The tobacco industry has campaigned against Australia – which implemented measures regulating the plain packaging of tobacco products to protect the health of its citizens – and has actively lobbied other countries considering such measures. Several countries have filed disputes at the World Trade Organization against Australia, on the grounds that plain packaging is in breach of their obligations under the WTO Agreement on Trade-Related Aspects of Intellectual Property Rights (TRIPS) (IPW, IP-Watch Briefs, 28 September 2013).
The approach of industry to address the current issues of counterfeiting is to secure the global supply chains, and track products, Hubert said. Four major tobacco industries (BAT, Imperial Tobacco Group, Japan Tobacco International and Philip Morris International) have joined efforts and set up the Digital Coding & Tracking Association to that effect.
BAT is also working with Interpol and the World Customs Organization (WCO), he said. The company also “wholly supports” the World Health Organization’s Protocol to Eliminate Illicit Trade in Tobacco Products.
The WHO “is trying to glue together the global supply chain for the tobacco industry,” he said, but basic rules have to be followed if this attempt at regulation is to be successful, he said. Each country should make sure when they translate the WHO regulation into their national regulations that the track-and-trace systems they put in place talk to each other.
More coordination and collaboration between WHO, WCO and WTO as custodians of international trade, is key to success, he said. He admitted that WHO “does not want to talk to us now”, but “it would seem lunacy not to include the industry in this dialogue because we know how the supply chains work,” he said.
The WTO Public Forum took place from 1-3 October and was themed “expanding trade through innovation and the digital economy.”
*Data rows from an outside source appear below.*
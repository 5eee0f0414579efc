//! Room for changes.

/// Whether changes that would be made in order find no room, each flag without regard to the others.
#[derive(Clone, Copy, Debug, PartialEq, Eq)]
pub struct Room {
    /// The epoch has too few places left, or there is no id for a new item.
    pub no_numbers: bool,
    /// After one of them the table would have too many items or bytes.
    pub no_table: bool,
    /// One of them finds too few clusters.
    pub no_blocks: bool,
}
Chan Praises EU Efforts Against Tobacco
Meanwhile, on 7 October, WHO Director General Margaret Chan issued a statement encouraging the European Union in its process of updating the EU Tobacco Products Directive, underlining weaknesses, gaps and loopholes in the existing 2001 directive [pdf].
As party to the WHO Framework Convention on Tobacco Control, the EU “has an obligation to strengthen its tobacco control legislation to reflect its international commitments,” she said. Among the steps countries have to take are banning advertising, putting large health warnings on packages of tobacco, and counteracting illicit trade, according to the statement.
“In the case of the EU Directive,” the statement said, “the tobacco industry is, once again, making an extraordinary effort to keep its products from being regulated, precisely because regulation works so well to reduce the vast harm caused by tobacco products. The tobacco industry is, once again, using an arsenal of economic arguments, precisely because such arguments are so effective in shifting the emphasis away from health, especially in times of financial austerity.” She encouraged EU parliamentarians to turn a deaf ear to those pressures.